By: Steven M. Swirsky and Paul H. Burmeister
In yet another foray into non-union workplace issues, on October 31, 2012, the Office of the General Counsel of the National Labor Relations Board (“NLRB”) issued a pair of Advice Memoranda regarding similar issues with respect to ‘employment at-will’ policies contained in employee handbooks. (Rocha Transportation, 32-CA-086799 PDF and SWH Corporation d/b/a Mimi’s Café, 28-CA-084365 PDF). At issue in each case was at-will disclaimer language in an employee handbook which prohibits the employer’s representatives from entering into employment contracts that could alter an employee’s at-will status.
The employers in these cases, a transportation company and a restaurant chain, each had an employee handbook which contained language regarding their at-will employment policies:
1) The Rocha Transportation Driver Handbook provided:
“No manager, supervisor or employee of Rocha Transportation has any authority to enter into an agreement for employment for any specified period of time or to make an agreement for employment other than at-will. Only the president of the Company has the authority to make any such agreement and then only in writing.”
2) Mimi’s Café Teammate Handbook stated:
“No representative of the Company has authority to enter into an agreement contrary to the foregoing ‘employment at will’ relationship.”
Each handbook required employees to sign a statement to acknowledge receipt of the handbook.
In finding that the two statements did not violate employees’ rights under the National Labor Relations Act, the Office of the General Counsel concluded that these provisions did not violate Section 7 of the Act, since they did not require, “… employees to refrain from seeking to change their at-will status or to agree that their at-will status cannot be changed in any way.” In each case, the statement merely prevented unauthorized representatives of the employer from entering into an employment agreement with their employees.
The General Counsel distinguished the Rocha Transportation and Mimi’s Café at-will clauses from a recent decision by an Administrative Law Judge in American Red Cross, noting that the Judge’s decision had not been considered by the Board. In American Red Cross, ALJ Gregory Meyerson found that an at-will provision stating, “I further agree that the at-will employment relationship cannot be amended, modified or altered in any way” violated Section 7 because it was essentially a waiver from the employees to not engage in concerted activity to change their at-will status and that any effort to change that status through union representation would be futile.
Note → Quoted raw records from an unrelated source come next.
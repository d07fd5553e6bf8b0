//! The entries of a price list are written.
ghost use Rattle.std.specs.Prelude.{◌≡◌, ◌+◌, ◌<◌, ◌≤◌, [], ◌∷◌, length, map, IsTrue};
ghost use Rattle.plan_desk.specs.Written.{WritesText};
ghost use Rattle.lagrange_bound.specs.Prices.{IsPriceList, tail_of};
ghost use Rattle.lagrange_bound.specs.Changes.{IsBandPlace};
ghost use Rattle.certificate_text.specs.Text.{text_of_lines, limit_lines, tail_lines, ex_line, entry_lines};
ghost use Rattle.certificate_text.specs.Steps.{limit_table, limit_form, limit_of, price_lines, row_lines};

use crate::limits::limit_price;
use crate::put::{limit_line, line_of_ex, put_line};
use certificate_lines::{Side, write_tail};
use instance_model::Instance;
use lagrange_bound::{ExPrice, Prices};
use plan_desk::{Desk, Failed};

pub fn write_entries<D: Desk>(inst: &Instance, prices: &Prices, desk: &mut D) -> Result<(), Failed>
    requires opened { IsTrue (D.shows desk.old).output.opened }
    requires in_range { IsPriceList inst.now prices.now }
    ensures { WritesText (text_of_lines (entry_lines inst.now prices.now)) (D.shows desk.old)
        (D.shows desk.new) result }
{
    write_limits(inst, prices, Side::Over, desk)?;
    write_limits(inst, prices, Side::Under, desk)?;
    write_tails(inst, prices, desk)?;
    write_ex(prices.ex_prices(), desk)
}

/// The prices on the upper or on the lower limits.
fn write_limits<D: Desk>(
    inst: &Instance,
    prices: &Prices,
    side: Side,
    desk: &mut D,
) -> Result<(), Failed>
    requires opened { IsTrue (D.shows desk.old).output.opened }
    requires in_range { IsPriceList inst.now prices.now }
    ensures { WritesText
        (text_of_lines (limit_lines (limit_form side) inst.now.periods 0 (limit_table side prices.now)))
        (D.shows desk.old) (D.shows desk.new) result }
{
    for c in 0..inst.resources() {
        write_row(inst, prices, side, c, desk)?;
    }
    Ok(())
}

/// Those of one resource.
fn write_row<D: Desk>(
    inst: &Instance,
    prices: &Prices,
    side: Side,
    c: u32,
    desk: &mut D,
) -> Result<(), Failed>
    requires opened { IsTrue (D.shows desk.old).output.opened }
    requires in_range { IsPriceList inst.now prices.now }
    requires resource { c < length inst.now.resource_names }
    ensures { WritesText (text_of_lines (row_lines inst.now side prices.now c)) (D.shows desk.old)
        (D.shows desk.new) result }
{
    for u in 0..inst.periods() {
        write_limit(inst, prices, side, c, u + 1, desk)?;
    }
    Ok(())
}

/// The one of a resource and a period, unless it is 0.
fn write_limit<D: Desk>(
    inst: &Instance,
    prices: &Prices,
    side: Side,
    c: u32,
    t: u32,
    desk: &mut D,
) -> Result<(), Failed>
    requires opened { IsTrue (D.shows desk.old).output.opened }
    requires in_range { IsPriceList inst.now prices.now }
    requires place { IsBandPlace inst.now c t }
    ensures { WritesText (text_of_lines (price_lines side (c + 1) t (limit_of inst.now side prices.now c t)))
        (D.shows desk.old) (D.shows desk.new) result }
{
    let v = limit_price(inst, prices, side, c, t);
    if v == 0 {
        return Ok(());
    }
    put_line(limit_line(side, c, t, v), desk)
}

fn write_tails<D: Desk>(inst: &Instance, prices: &Prices, desk: &mut D) -> Result<(), Failed>
    requires opened { IsTrue (D.shows desk.old).output.opened }
    requires in_range { IsPriceList inst.now prices.now }
    ensures { WritesText (text_of_lines (tail_lines 1 prices.now.tails)) (D.shows desk.old) (D.shows desk.new) result }
{
    for u in 0..inst.periods() {
        write_tail_of(inst, prices, u + 1, desk)?;
    }
    Ok(())
}

/// The tail of a period, where there is one.
fn write_tail_of<D: Desk>(
    inst: &Instance,
    prices: &Prices,
    t: u32,
    desk: &mut D,
) -> Result<(), Failed>
    requires opened { IsTrue (D.shows desk.old).output.opened }
    requires in_range { IsPriceList inst.now prices.now }
    requires from { 1 ≤ t }
    requires to { t ≤ inst.now.periods }
    ensures { WritesText (text_of_lines (tail_lines t (tail_of prices.now t ∷ []))) (D.shows desk.old)
        (D.shows desk.new) result }
{
    match prices.tail(inst, t) {
        Some(tail) => write_tail(t, tail.weight, tail.places.as_slice(), desk),
        None => Ok(()),
    }
}

fn write_ex<D: Desk>(ex: &[ExPrice], desk: &mut D) -> Result<(), Failed>
    requires opened { IsTrue (D.shows desk.old).output.opened }
    ensures { WritesText (text_of_lines (map ex_line ex.now)) (D.shows desk.old) (D.shows desk.new) result }
{
    for x in ex {
        put_line(line_of_ex(*x), desk)?;
    }
    Ok(())
}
On the contrary, the General Counsel opined that the at-will language at issue in Rocha Transportation and Mimi’s Café would not inhibit employees from seeking to change to their at-will status with their employer through union representation. He further noted in Rocha Transportation’s at-will provision that the company president could alter the at-will relationship, which recognized the possibility of a collective bargaining agreement.
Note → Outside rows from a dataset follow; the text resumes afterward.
//! Worked rows: the list that the plain ladder raises for a plan, with its worth, on instances small enough to find
//! them by hand. The fast ladder's list is one of several: its worth is at least as great here, and at most that of
//! the best list.

ghost use Rattle.std.specs.Prelude.{◌≤◌};
ghost use Rattle.instance_model.specs.Plans.{AreAllowedStarts};
ghost use Rattle.lagrange_bound.specs.Prices.{IsPriceList};

use crate::samples::{floor, instance, skewed};
use crate::{raised_bound, root_worth};
use instance_model::Instance;
use lagrange_bound::Prices;
use price_ladder::{raise_plainly, raise_prices};
use small_instances::are_allowed;
use std::alloc::{AllocError, Global};
use std::test::Fail;

/// What a risk of 1 adds to a score.
const ONE: i128 = 1_000_000_000_000_000_000;

/// Two interventions of one period each, both of which may run in either of two periods. Together they
/// load `c` by 12 of 10. The mean alone costs.
const PAIR: &str = r#"{"Resources":{"c":{"max":[10,10],"min":[0,0]}},"Seasons":{},
"Interventions":{
"A":{"tmax":2,"Delta":[1,1],
"workload":{"c":{"1":{"1":6},"2":{"2":6}}},
"risk":{"1":{"1":[0]},"2":{"2":[4]}}},
"B":{"tmax":2,"Delta":[1,1],
"workload":{"c":{"1":{"1":6},"2":{"2":6}}},
"risk":{"1":{"1":[0]},"2":{"2":[2]}}}},
"Exclusions":{},"T":2,"Scenarios_number":[1,1],
"Quantile":1,"Alpha":1}"#;

/// The same, with room for both, but they exclude each other.
const APART: &str = r#"{"Resources":{"c":{"max":[12,12],"min":[0,0]}},"Seasons":{"w":[1,2]},
"Interventions":{
"A":{"tmax":2,"Delta":[1,1],
"workload":{"c":{"1":{"1":6},"2":{"2":6}}},
"risk":{"1":{"1":[0]},"2":{"2":[4]}}},
"B":{"tmax":2,"Delta":[1,1],
"workload":{"c":{"1":{"1":6},"2":{"2":6}}},
"risk":{"1":{"1":[0]},"2":{"2":[2]}}}},
"Exclusions":{"E":["A","B","w"]},"T":2,"Scenarios_number":[1,1],
"Quantile":1,"Alpha":1}"#;

/// No intervention.
const IDLE: &str = r#"{"Resources":{},"Seasons":{},"Interventions":{},"Exclusions":{},
"T":1,"Scenarios_number":[1],"Quantile":1,"Alpha":1}"#;

/// What a raised list has in period 1, or none of it: the prices on the limits of the first resource, that of the first
/// exclusion, and the tail's weight with its scenario, where it is one.
#[derive(Clone, Copy, Debug, PartialEq, Eq)]
struct Row {
    worth: i128,
    up: u32,
    lo: u32,
    ex: u32,
    weight: u32,
    scenario: u32,
}

/// The prices on the limits of the first resource.
fn limits_of(inst: &Instance, prices: &Prices) -> (u32, u32)
    requires { IsPriceList inst.now prices.now }
{
    let _periods = inst.periods();
    if inst.resources() == 0 {
        return (0, 0);
    }
    (prices.up(inst, 0, 1), prices.lo(inst, 0, 1))
}

/// The weight and the scenario of a tail.
fn tail_of(inst: &Instance, prices: &Prices) -> (u32, u32)
    requires { IsPriceList inst.now prices.now }
{
    let _periods = inst.periods();
    let Some(tail) = prices.tail(inst, 1) else {
        return (0, 0);
    };
    match tail.places.as_slice() {
        [scenario] => (tail.weight, *scenario),
        _ => (tail.weight, 0),
    }
}

/// What a list has that is raised for a plan of these starts.
fn row_of(
    alloc: Global,
    inst: &Instance,
    prices: &Prices,
    starts: &[u32],
) -> Result<Row, AllocError>
    requires prices { IsPriceList inst.now prices.now }
    requires starts { AreAllowedStarts inst.now starts.now }
{
    let worth = root_worth(alloc, inst, prices, starts)?;
    let (up, lo) = limits_of(inst, prices);
    let (weight, scenario) = tail_of(inst, prices);
    Ok(Row {
        worth,
        up,
        lo,
        ex: prices.ex(inst, 0, 1),
        weight,
        scenario,
    })
}

/// What the list has that the plain ladder raises for a plan of these starts, where they are allowed, and the worth of
/// the list that the fast one raises, which is read off a clone.
fn rows_of(
    alloc: Global,
    inst: &Instance,
    starts: &[u32],
) -> Result<Option<(Row, i128)>, AllocError> {
    if !are_allowed(inst, starts) {
        return Ok(None);
    }
    let plain = raise_plainly(alloc, inst, starts)?;
    let fast = raise_prices(alloc, inst, starts)?;
    let copy = fast.clone()?;
    Ok(Some((
        row_of(alloc, inst, &plain, starts)?,
        root_worth(alloc, inst, &copy, starts)?,
    )))
}

/// The same, on the instance of a text.
fn raised(alloc: Global, text: &str, starts: &[u32]) -> Result<Option<(Row, i128)>, Fail> {
    let inst = instance(alloc, text)?;
    Ok(rows_of(alloc, &inst, starts)?)
}

/// Whether no limit has a price in period `t`.
fn limits_are_free(inst: &Instance, prices: &Prices, t: u32) -> bool
    requires prices { IsPriceList inst.now prices.now }
    requires from { 1 ≤ t }
    requires to { t ≤ inst.now.periods }
{
    for c in 0..inst.resources() {
        if prices.up(inst, c, t) != 0 || prices.lo(inst, c, t) != 0 {
            return false;
        }
    }
    true
}

/// Whether a list is that of zeros: no limit and no exclusion has a price, and no period a tail.
fn is_zero(inst: &Instance, prices: &Prices) -> bool
    requires { IsPriceList inst.now prices.now }
{
    for t in 1..inst.periods() + 1 {
        if prices.tail(inst, t).is_some() || !limits_are_free(inst, prices, t) {
            return false;
        }
    }
    prices.ex_prices().is_empty()
}

/// Whether the fast ladder raises the list of zeros for a plan of these starts, where they are allowed, on the instance
/// of a text.
fn zeros_are_raised(alloc: Global, text: &str, starts: &[u32]) -> Result<Option<bool>, Fail> {
    let inst = instance(alloc, text)?;
    if !are_allowed(&inst, starts) {
        return Ok(None);
    }
    let prices = raise_prices(alloc, &inst, starts)?;
    Ok(Some(is_zero(&inst, &prices)))
}

/// The bound that is raised for a plan of these starts, where they are allowed, on the instance of a text.
fn bound_of(alloc: Global, text: &str, starts: &[u32]) -> Result<Option<i128>, Fail> {
    let inst = instance(alloc, text)?;
    if !are_allowed(&inst, starts) {
        return Ok(None);
    }
    Ok(Some(raised_bound(alloc, &inst, starts)?))
}

/// Whether the row is that of the plain ladder, and the fast one's worth is no less, and at most `best`.
fn are_as_wanted(rows: Option<(Row, i128)>, wanted: Row, best: i128) -> bool {
    match rows {
        Some((plain, fast)) => plain == wanted && wanted.worth <= fast && fast <= best,
        None => false,
    }
}

/// g is 3 * 10^16 and 1 more. A step of 10^5 on the upper limit makes A and B cost 0.6 more each in period 1, and takes
/// 1 off. After a fourth, B would start in period 2.
#[test]
fn full_resources_get_a_price(rt: HostRuntime) -> Result<(), Fail> {
    let rows = raised(rt.alloc(), PAIR, &[1, 1])?;
    let wanted = Row {
        worth: 600_000_000_000_000_000,
        up: 300_000,
        lo: 0,
        ex: 0,
        weight: 0,
        scenario: 0,
    };
    assert!(rt;
        are_as_wanted(rows, wanted, 666_666_666_666_666_667),
        "{rows:?}"
    );
    Ok(())
}

/// A step of 10^5 makes A and B cost 0.1 more each in period 1, and takes 0.1 off.
/// After the twentieth, B would start in period 2.
#[test]
fn exclusions_get_a_price(rt: HostRuntime) -> Result<(), Fail> {
    let rows = raised(rt.alloc(), APART, &[1, 1])?;
    let wanted = Row {
        worth: 2 * ONE,
        up: 0,
        lo: 0,
        ex: 2_000_000,
        weight: 0,
        scenario: 0,
    };
    assert!(rt; are_as_wanted(rows, wanted, 2 * ONE), "{rows:?}");
    Ok(())
}

/// g is 1.5 * 10^16 and 1 more. A step of 10^4 makes A cost 0.05 less in period 1, and adds
/// 0.05. After the sixtieth, A would start there.
#[test]
fn lower_limits_get_a_price(rt: HostRuntime) -> Result<(), Fail> {
    let rows = raised(rt.alloc(), floor(), &[1])?;
    let wanted = Row {
        worth: 3 * ONE,
        up: 0,
        lo: 600_000,
        ex: 0,
        weight: 0,
        scenario: 0,
    };
    assert!(rt; are_as_wanted(rows, wanted, 3 * ONE), "{rows:?}");
    Ok(())
}

/// The only plan is Z and U, so g is 1. With the tail the whole excess of half a unit counts.
#[test]
fn greatest_scenario_gets_the_tail(rt: HostRuntime) -> Result<(), Fail> {
    let rows = raised(rt.alloc(), skewed(), &[1])?;
    let wanted = Row {
        worth: 1_500_000_000_000_000_000,
        up: 0,
        lo: 0,
        ex: 0,
        weight: 1000,
        scenario: 2,
    };
    assert!(rt;
        are_as_wanted(rows, wanted, 1_500_000_000_000_000_000),
        "{rows:?}"
    );
    Ok(())
}

#[test]
fn nothing_is_raised_without_interventions(rt: HostRuntime) -> Result<(), Fail> {
    let rows = raised(rt.alloc(), IDLE, &[])?;
    let wanted = Row {
        worth: 0,
        up: 0,
        lo: 0,
        ex: 0,
        weight: 0,
        scenario: 0,
    };
    assert!(rt; are_as_wanted(rows, wanted, 0), "{rows:?}");
    Ok(())
}

/// The list itself: no number of it is above 0 where there is no intervention, and one is where a step gains.
#[test]
fn zeros_are_raised_where_no_step_gains(rt: HostRuntime) -> Result<(), Fail> {
    let alloc = rt.alloc();
    assert_eq!(rt; zeros_are_raised(alloc, IDLE, &[])?, Some(true));
    assert_eq!(rt; zeros_are_raised(alloc, PAIR, &[1, 1])?, Some(false));
    assert_eq!(rt; zeros_are_raised(alloc, skewed(), &[1])?, Some(false));
    Ok(())
}

#[test]
fn a_bound_is_the_worth_of_the_plain_list(rt: HostRuntime) -> Result<(), Fail> {
    let bound = bound_of(rt.alloc(), PAIR, &[1, 1])?;
    assert_eq!(rt; bound, Some(600_000_000_000_000_000));
    Ok(())
}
Accordingly, the General Counsel, through these Memoranda, has offered a roadmap for creating or revising at-will agreements in employee handbooks that should be found not to interfere with employees’ Section 7 rights. If the at-will provision does not preclude the possibility of altering an employee’s at-will status with their employer, then the NLRB will likely find the provision lawful. However, despite the Memoranda, as none of the three decisions discussed herein have been settled with the NLRB, employers should continue to exercise caution in crafting at-will provisions.
Management Missives
- Management should avoid using any language in its at-will policies which precludes the possibility that .the employee can modify the at-will agreement.
- Management should consider inserting a reference to a management team member who does have the authority to alter an at-will relationship.
- Management should review its at-will policies and revise any portions that may not reflect the language which the General Counsel has found lawful, with the notion that the issue has not yet been settled by the NLRB in a Board decision.